*The problem*
Going line by line through the entries below, tally those that hold the string "AddressViews". Give only the total.

** Opening Record set block **

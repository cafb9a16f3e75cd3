//! The authors and recipients of a mail.
ghost use Rattle.std.specs.Prelude.{◌≡◌, ◌++◌, map, string_bytes, IfErr, IfOk, OnOk};
ghost use Rattle.mailparse.specs.Mail.{root};
ghost use Rattle.mailparse.specs.Outcome.{GivesText, IsMemory};
ghost use Rattle.mailparse.specs.Views.{tree_of};
ghost use Rattle.mail_address.specs.AddressViews.{element_view, group_view, mailbox_view};
ghost use Rattle.mail_address.specs.AddressViews.{member_view, unknown_view};
ghost use Rattle.mail_view.specs.Addresses.{address_lines, element_lines, group_text, named};
ghost use Rattle.mail_view.specs.Addresses.{single_text};
ghost use Rattle.mail_view.specs.Line.{line, line_text, lines_text};

use crate::line::{Prefix, push_line};
use crate::names::push_name;
use mail_address::{Address, Group, Mailbox, Member, Unknown, lenient_addresses_of};
use mail_read::lenient::lenient_name_text;
use mailparse::{KnownCharsets, MailParseError, ParsedMail};
use std::alloc::{AllocError, Global};

/// Appends a line for each address in the headers with this name.
pub(crate) fn push_addresses<K: KnownCharsets>(
    alloc: Global,
    shown: &mut String,
    prefix: Prefix,
    mail: &ParsedMail<'_>,
    key: &str,
    known: &K,
) -> Result<(), MailParseError>
    ensures written { OnOk result (string_bytes shown.new ≡ string_bytes shown.old
        ++ lines_text (address_lines (K.known known.now) prefix key.now (root (tree_of mail.now)))) }
    ensures only_memory { IfErr result IsMemory }
{
    for element in &lenient_addresses_of(alloc, &mail.headers, key)? {
        push_element(alloc, shown, prefix, element, known)?;
    }
    Ok(())
}

/// Appends the lines of an element of a list of addresses.
fn push_element<K: KnownCharsets>(
    alloc: Global,
    shown: &mut String,
    prefix: Prefix,
    element: &Address<'_>,
    known: &K,
) -> Result<(), MailParseError>
    ensures written { OnOk result (string_bytes shown.new ≡ string_bytes shown.old
        ++ lines_text (element_lines (K.known known.now) prefix (element_view element.now))) }
    ensures only_memory { IfErr result IsMemory }
{
    let text = match element {
        Address::Mailbox(mailbox) => mailbox_text(alloc, mailbox, known)?,
        Address::Unknown(unknown) => unknown_text(alloc, unknown, known)?,
        Address::Group(group) => return push_group(alloc, shown, prefix, group, known),
    };
    push_line(shown, prefix, text.as_str())?;
    Ok(())
}

/// Appends a line for the name of a group, and one for each of its members.
fn push_group<K: KnownCharsets>(
    alloc: Global,
    shown: &mut String,
    prefix: Prefix,
    group: &Group<'_>,
    known: &K,
) -> Result<(), MailParseError>
    ensures written { OnOk result (string_bytes shown.new ≡ string_bytes shown.old
        ++ (line_text (line prefix (group_text (K.known known.now) group.now.display_name.now))
        ++ lines_text (map (line prefix) (map (single_text (K.known known.now))
        (group_view group.now).members)))) }
    ensures only_memory { IfErr result IsMemory }
{
    let name = group_text(alloc, group, known)?;
    push_line(shown, prefix, name.as_str())?;
    push_members(alloc, shown, prefix, group.members.as_slice(), known)
}

/// Appends a line for each member of a group.
fn push_members<K: KnownCharsets>(
    alloc: Global,
    shown: &mut String,
    prefix: Prefix,
    members: &[Member<'_>],
    known: &K,
) -> Result<(), MailParseError>
    ensures written { OnOk result (string_bytes shown.new ≡ string_bytes shown.old
        ++ lines_text (map (line prefix) (map (single_text (K.known known.now))
        (map member_view members.now)))) }
    ensures only_memory { IfErr result IsMemory }
{
    for member in members {
        let text = member_text(alloc, member, known)?;
        push_line(shown, prefix, text.as_str())?;
    }
    Ok(())
}

/// Returns the text of a member of a group.
fn member_text<K: KnownCharsets>(
    alloc: Global,
    member: &Member<'_>,
    known: &K,
) -> Result<String, MailParseError>
    ensures { GivesText result (single_text (K.known known.now) (member_view member.now)) }
{
    match member {
        Member::Mailbox(mailbox) => mailbox_text(alloc, mailbox, known),
        Member::Unknown(unknown) => unknown_text(alloc, unknown, known),
    }
}

/// Returns the text of a mailbox: its address, in angle brackets after its name if it has one.
fn mailbox_text<K: KnownCharsets>(
    alloc: Global,
    mailbox: &Mailbox<'_>,
    known: &K,
) -> Result<String, MailParseError>
    ensures { GivesText result (single_text (K.known known.now) (mailbox_view mailbox.now)) }
{
    let name = mailbox.get_shown_name(alloc, known)?;
    let address = mailbox.get_address(alloc)?;
    Ok(named(alloc, name.as_str(), address)?)
}

/// Returns an address, in angle brackets after its name unless that is empty.
fn named(alloc: Global, name: &str, address: String) -> Result<String, AllocError>
    ensures { IfOk result (λ text.
        string_bytes text ≡ named name.now (string_bytes address)) }
{
    if name.is_empty() {
        return Ok(address);
    }
    let mut text = String::new(alloc);
    push_name(&mut text, name)?;
    text.push_str(" <")?;
    text.push_str(address.as_str())?;
    text.push_str(">")?;
    Ok(text)
}

/// Returns the text of an element that is not an address, as that of a name.
fn unknown_text<K: KnownCharsets>(
    alloc: Global,
    unknown: &Unknown<'_>,
    known: &K,
) -> Result<String, MailParseError>
    ensures { GivesText result (single_text (K.known known.now) (unknown_view unknown.now)) }
{
    let name = lenient_name_text(alloc, unknown.text, known)?;
    let mut text = String::new(alloc);
    push_name(&mut text, name.as_str())?;
    Ok(text)
}

/// Returns the name of a group and a colon.
fn group_text<K: KnownCharsets>(
    alloc: Global,
    group: &Group<'_>,
    known: &K,
) -> Result<String, MailParseError>
    ensures { GivesText result (group_text (K.known known.now) group.now.display_name.now) }
{
    let name = group.get_shown_name(alloc, known)?;
    let mut text = String::new(alloc);
    push_name(&mut text, name.as_str())?;
    text.push_str(":")?;
    Ok(text)
}
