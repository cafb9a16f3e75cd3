//! The texts of a mail.
ghost use Rattle.std.specs.Prelude.{◌≡◌, ◌++◌, flat_map, map, string_bytes, IfErr, OnOk};
ghost use Rattle.std.specs.Str.Lines.{lines};
ghost use Rattle.mailparse.specs.Outcome.{IsMemory};
ghost use Rattle.mailparse.specs.Views.{tree_of};
ghost use Rattle.mail_data.specs.InlineTextViews.{inline_view};
ghost use Rattle.mail_data.specs.InlineTexts.{inline_texts};
ghost use Rattle.mail_html.specs.declared.links.Links.TheVariants.{Footnotes};
ghost use Rattle.mail_view.specs.Line.{line_text, lines_text};
ghost use Rattle.mail_view.specs.View.{body_lines, headed_lines, text_line};

use crate::line::{Prefix, push_empty_line, push_line};
use mail_data::inline_texts::{InlineText, inline_texts};
use mail_html::{Links, References};
use mailparse::{KnownCharsets, MailParseError, ParsedMail};
use std::alloc::{AllocError, Global};

/// Appends an empty line and the lines of the first text of a mail, and those of each other text
/// after a line with its path; or nothing if it has no text.
pub(crate) fn push_body<K: KnownCharsets>(
    alloc: Global,
    shown: &mut String,
    mail: &ParsedMail<'_>,
    references: &References<'_>,
    known: &K,
) -> Result<(), MailParseError>
    ensures written { OnOk result (string_bytes shown.new ≡ string_bytes shown.old ++ lines_text
        (body_lines (inline_texts (K.known known.now) Footnotes references.now
        (tree_of mail.now)))) }
    ensures only_memory { IfErr result IsMemory }
{
    let texts = inline_texts(alloc, mail, Links::Footnotes, references, known)?;
    push_texts(shown, texts.as_slice())?;
    Ok(())
}

/// Appends the lines of texts: those of the first after an empty line, and of each other after a
/// line with its path.
fn push_texts(shown: &mut String, texts: &[InlineText]) -> Result<(), AllocError>
    ensures { OnOk result (string_bytes shown.new
        ≡ string_bytes shown.old ++ lines_text (body_lines (map inline_view texts.now))) }
{
    let [first, others @ ..] = texts else {
        return Ok(());
    };
    push_empty_line(shown)?;
    push_text(shown, first.read.text.as_str())?;
    push_others(shown, others)
}

/// Appends the lines of texts, each after a line with its path.
fn push_others(shown: &mut String, texts: &[InlineText]) -> Result<(), AllocError>
    ensures { OnOk result (string_bytes shown.new ≡ string_bytes shown.old
        ++ lines_text (flat_map headed_lines (map inline_view texts.now))) }
{
    for text in texts {
        push_headed(shown, text)?;
    }
    Ok(())
}

/// Appends a line with the path of the part that has a text, between empty ones, and the lines of
/// the text.
fn push_headed(shown: &mut String, text: &InlineText) -> Result<(), AllocError>
    ensures { OnOk result (string_bytes shown.new
        ≡ string_bytes shown.old ++ lines_text (headed_lines (inline_view text.now))) }
{
    push_empty_line(shown)?;
    push_line(shown, Prefix::Heading, text.path.as_str())?;
    push_empty_line(shown)?;
    push_text(shown, text.read.text.as_str())
}

/// Appends the lines of a text.
fn push_text(shown: &mut String, text: &str) -> Result<(), AllocError>
    ensures { OnOk result (string_bytes shown.new
        ≡ string_bytes shown.old ++ lines_text (map text_line (lines text.now))) }
{
    for line in text.lines() {
        push_text_line(shown, line)?;
    }
    Ok(())
}

/// Appends a line of a text.
fn push_text_line(shown: &mut String, text: &str) -> Result<(), AllocError>
    ensures { OnOk result
        (string_bytes shown.new ≡ string_bytes shown.old ++ line_text (text_line text.now)) }
{
    if text.is_empty() {
        return push_empty_line(shown);
    }
    push_line(shown, Prefix::Text, text)
}
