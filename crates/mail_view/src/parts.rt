//! The list of the parts.
ghost use Rattle.std.specs.Prelude.{◌≡◌, ◌++◌, flat_map, string_bytes, IfErr, OnOk};
ghost use Rattle.mailparse.specs.Mail.{root};
ghost use Rattle.mailparse.specs.Outcome.{GivesText, IsMemory};
ghost use Rattle.mailparse.specs.Views.{placements_of, tree_of};
ghost use Rattle.mail_read.specs.PartPlaces.{places};
ghost use Rattle.mail_read.specs.PlaceViews.{place_view};
ghost use Rattle.mail_view.specs.Line.{empty, line_text, lines_text};
ghost use Rattle.mail_view.specs.View.{decoded_size, part_lines, part_size, part_text};

use crate::line::{Prefix, push_empty_line, push_line};
use crate::row::{row_of, size_text};
use mail_read::files::is_leaf;
use mail_read::lenient::{lenient_body, lenient_content, lenient_file_name, was_kept};
use mail_read::places::{Place, places};
use mailparse::{KnownCharsets, MailParseError, ParsedMail};
use std::alloc::Global;

/// Appends an empty line, and a line for each part that has no parts of its own.
pub(crate) fn push_parts<K: KnownCharsets>(
    alloc: Global,
    shown: &mut String,
    mail: &ParsedMail<'_>,
    known: &K,
) -> Result<(), MailParseError>
    ensures written { OnOk result (string_bytes shown.new ≡ string_bytes shown.old
        ++ (line_text empty ++ lines_text (flat_map (part_lines (K.known known.now))
        (places (tree_of mail.now) (placements_of mail.now))))) }
    ensures only_memory { IfErr result IsMemory }
{
    push_empty_line(shown)?;
    for place in &places(alloc, mail)? {
        push_part(alloc, shown, place, known)?;
    }
    Ok(())
}

/// Appends the line of a part, or nothing if it has parts.
fn push_part<K: KnownCharsets>(
    alloc: Global,
    shown: &mut String,
    place: &Place<'_, '_>,
    known: &K,
) -> Result<(), MailParseError>
    ensures written { OnOk result (string_bytes shown.new ≡ string_bytes shown.old
        ++ lines_text (part_lines (K.known known.now) (place_view place.now))) }
    ensures only_memory { IfErr result IsMemory }
{
    if !is_leaf(place.part) {
        return Ok(());
    }
    let text = part_text(alloc, place, known)?;
    push_line(shown, Prefix::Part, text.as_str())?;
    Ok(())
}

/// Returns the description of a part.
fn part_text<K: KnownCharsets>(
    alloc: Global,
    place: &Place<'_, '_>,
    known: &K,
) -> Result<String, MailParseError>
    ensures { GivesText result (part_text (K.known known.now) (place_view place.now)) }
{
    let part = place.part;
    let size = part_size(alloc, part)?;
    let name = lenient_file_name(alloc, part, known)?;
    let mimetype = part.ctype.mimetype.as_str();
    Ok(row_of(
        alloc,
        place.path.as_str(),
        mimetype,
        size.as_str(),
        name.as_deref(),
    )?)
}

/// Returns the size of the decoded body of a part as text, whether it is damaged, and whether the
/// headers of the part could not be read.
fn part_size(alloc: Global, part: &ParsedMail<'_>) -> Result<String, MailParseError>
    ensures { GivesText result (part_size (root (tree_of part.now))) }
{
    let mut size = decoded_size(alloc, part)?;
    if was_kept(part) {
        size.push_str(", headers not read")?;
    }
    Ok(size)
}

/// Returns the size of the decoded body of a part as text, and whether it is damaged.
fn decoded_size(alloc: Global, part: &ParsedMail<'_>) -> Result<String, MailParseError>
    ensures { GivesText result (decoded_size (root (tree_of part.now))) }
{
    let body = lenient_body(alloc, part)?;
    let content = lenient_content(alloc, &body)?;
    let size = content.bytes.len();
    let is_damaged = content.fault.is_some();
    Ok(size_text(alloc, size, is_damaged)?)
}
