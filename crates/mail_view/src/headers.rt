//! The headers that are shown.
ghost use Rattle.std.specs.Prelude.{◌≡◌, ◌++◌, map, string_bytes, IfErr, OnOk};
ghost use Rattle.mailparse.specs.Mail.{root};
ghost use Rattle.mailparse.specs.Outcome.{IsMemory};
ghost use Rattle.mailparse.specs.Views.{tree_of};
ghost use Rattle.mail_read.specs.lenient.Values.{header_text};
ghost use Rattle.mail_view.specs.Line.{line, lines_text};
ghost use Rattle.mail_view.specs.View.{header_lines, value_lines};

use crate::addresses::push_addresses;
use crate::line::{Prefix, push_line};
use mail_read::lenient::lenient_header_text_ref;
use mailparse::{KnownCharsets, MailHeader, MailHeaderMap, MailParseError, ParsedMail};
use std::alloc::{AllocError, Global};

/// Appends the lines of the headers.
#[tactic(auto, using(crate::proofs::lemmas::Lines::lines_append))]
pub(crate) fn push_headers<K: KnownCharsets>(
    alloc: Global,
    shown: &mut String,
    mail: &ParsedMail<'_>,
    known: &K,
) -> Result<(), MailParseError>
    ensures written { OnOk result (string_bytes shown.new ≡ string_bytes shown.old
        ++ lines_text (header_lines (K.known known.now) (root (tree_of mail.now)))) }
    ensures only_memory { IfErr result IsMemory }
{
    push_addresses(alloc, shown, Prefix::From, mail, "From", known)?;
    push_addresses(alloc, shown, Prefix::ReplyTo, mail, "Reply-To", known)?;
    push_addresses(alloc, shown, Prefix::To, mail, "To", known)?;
    push_addresses(alloc, shown, Prefix::Cc, mail, "Cc", known)?;
    push_values_of(alloc, shown, Prefix::Date, mail, "Date", known)?;
    push_values_of(alloc, shown, Prefix::Subject, mail, "Subject", known)?;
    Ok(())
}

/// Appends a line for each header with this name.
fn push_values_of<K: KnownCharsets>(
    alloc: Global,
    shown: &mut String,
    prefix: Prefix,
    mail: &ParsedMail<'_>,
    key: &str,
    known: &K,
) -> Result<(), MailParseError>
    ensures written { OnOk result (string_bytes shown.new ≡ string_bytes shown.old
        ++ lines_text (value_lines (K.known known.now) prefix key.now (root (tree_of mail.now)))) }
    ensures only_memory { IfErr result IsMemory }
{
    let named = mail.headers.get_all_headers(alloc, key)?;
    push_values(alloc, shown, prefix, named.as_slice(), known)?;
    Ok(())
}

/// Appends a line for the text of each header.
fn push_values<K: KnownCharsets>(
    alloc: Global,
    shown: &mut String,
    prefix: Prefix,
    headers: &[&MailHeader<'_>],
    known: &K,
) -> Result<(), AllocError>
    ensures { OnOk result (string_bytes shown.new ≡ string_bytes shown.old ++ lines_text
        (map (λ header. line prefix (header_text (K.known known.now) header.value))
        (map (λ header. header.now) headers.now))) }
{
    for header in headers {
        let text = lenient_header_text_ref(alloc, header.get_value_raw(), known)?;
        push_line(shown, prefix, text.as_str())?;
    }
    Ok(())
}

** Closing Record set block **

*Response to this exercise*
2